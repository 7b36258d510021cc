// The reversed machine (reverse.rs of rustfst), in lent slots.
#![tactic(auto)]

pub mod reverse;
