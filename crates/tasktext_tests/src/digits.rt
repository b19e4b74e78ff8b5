// Faults of a line's digits: 1, 2 and 7.
use crate::written::*;
use std::test::Fail;

#[test]
fn a_bad_digit_at_its_column(rt: HostRuntime) -> Result<(), Fail> {
    let heap = rt.alloc();
    for damage in [
        at(1, b"g1030002\n", 1, 1),
        at(1, b"0A030002\n", 1, 2),
        at(1, b"01/30002\n", 1, 3),
        at(1, b"010:0002\n", 1, 4),
        at(1, b"0103`002\n", 1, 5),
        at(1, b"01030 02\n", 1, 6),
        at(1, b"01030002\r\n", 1, 9),
        at(2, b"0201010100010x\n", 1, 14),
        at(3, b"02-10101010201\n", 1, 3),
        at(4, b"0301 2\n", 1, 5),
        at(5, b"\t40100\n", 1, 1),
        at(6, b"0G\n", 1, 2),
        at(7, b"z\n", 1, 1),
    ] {
        damage.instead(&rt, heap)?;
    }
    Ok(())
}

#[test]
fn an_odd_line_at_its_end(rt: HostRuntime) -> Result<(), Fail> {
    let heap = rt.alloc();
    for damage in [
        at(1, b"0\n", 1, 2),
        at(1, b"010300020\n", 1, 10),
        at(2, b"0201010100010\n", 1, 14),
        at(3, b"020101010102010\n", 1, 16),
        at(4, b"03010\n", 1, 6),
        at(5, b"04010\n", 1, 6),
        at(6, b"050\n", 1, 4),
        at(7, b"050\n", 1, 4),
    ] {
        damage.instead(&rt, heap)?;
    }
    Ok(())
}

#[test]
fn an_empty_line_at_column_one(rt: HostRuntime) -> Result<(), Fail> {
    let heap = rt.alloc();
    for k in 1..8u16 {
        at(k, b"\n", 1, 1).instead(&rt, heap)?;
    }
    Ok(())
}

#[test]
fn the_515th_digit(rt: HostRuntime) -> Result<(), Fail> {
    let heap = rt.alloc();
    let ended = run_of(heap, b'0', 515, b"\n")?;
    let longer = run_of(heap, b'f', 600, b"")?;
    for k in 1..8u16 {
        at(k, &ended, 2, 515).instead(&rt, heap)?;
        at(k, &longer, 2, 515).cut(&rt, heap)?;
    }
    Ok(())
}

// 514 digits pass the reading by column: the frame is looked at, or the text's end is missed.
#[test]
fn beside_the_515th_digit(rt: HostRuntime) -> Result<(), Fail> {
    let heap = rt.alloc();
    let most = run_of(heap, b'0', 514, b"\n")?;
    gives(&rt, heap, &most, Told::of(3, 1, 0))?;
    let unended = run_of(heap, b'0', 514, b"")?;
    gives(&rt, heap, &unended, Told::of(7, 1, 515))?;
    let odd = run_of(heap, b'0', 513, b"\n")?;
    gives(&rt, heap, &odd, Told::of(1, 1, 514))?;
    let bad = run_of(heap, b'0', 514, b"g\n")?;
    gives(&rt, heap, &bad, Told::of(1, 1, 515))?;
    let earlier = run_of(heap, b'0', 513, b"g0\n")?;
    gives(&rt, heap, &earlier, Told::of(1, 1, 514))
}

#[test]
fn the_text_ends_inside_a_line(rt: HostRuntime) -> Result<(), Fail> {
    let heap = rt.alloc();
    for damage in [
        at(1, b"0", 7, 2),
        at(1, b"0103", 7, 5),
        at(1, b"01030002", 7, 9),
        at(2, b"020", 7, 4),
        at(3, b"02010101010201", 7, 15),
        at(4, b"0", 7, 2),
        at(5, b"04010", 7, 6),
        at(6, b"05", 7, 3),
        at(7, b"0", 7, 2),
    ] {
        damage.cut(&rt, heap)?;
    }
    Ok(())
}

#[test]
fn the_text_ends_between_lines(rt: HostRuntime) -> Result<(), Fail> {
    let heap = rt.alloc();
    for k in 1..7u16 {
        at(k, b"", 7, 1).cut(&rt, heap)?;
    }
    Ok(())
}

// An unfinished line is read by column, and its frame is not looked at.
#[test]
fn an_unfinished_line(rt: HostRuntime) -> Result<(), Fail> {
    let heap = rt.alloc();
    for damage in [
        at(1, b"05", 7, 3),
        at(2, b"99", 7, 3),
        at(3, b"0x", 1, 2),
        at(6, b"0501z", 1, 5),
        at(7, b"05", 7, 3),
        at(7, b" ", 1, 1),
    ] {
        damage.cut(&rt, heap)?;
    }
    Ok(())
}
•••••
_Work item_. Copy all lines above containing the string "Told".

_Result of this exercise_.
    gives(&rt, heap, &most, Told::of(3, 1, 0))?;
    gives(&rt, heap, &unended, Told::of(7, 1, 515))?;
    gives(&rt, heap, &odd, Told::of(1, 1, 514))?;
    gives(&rt, heap, &bad, Told::of(1, 1, 515))?;
    gives(&rt, heap, &earlier, Told::of(1, 1, 514))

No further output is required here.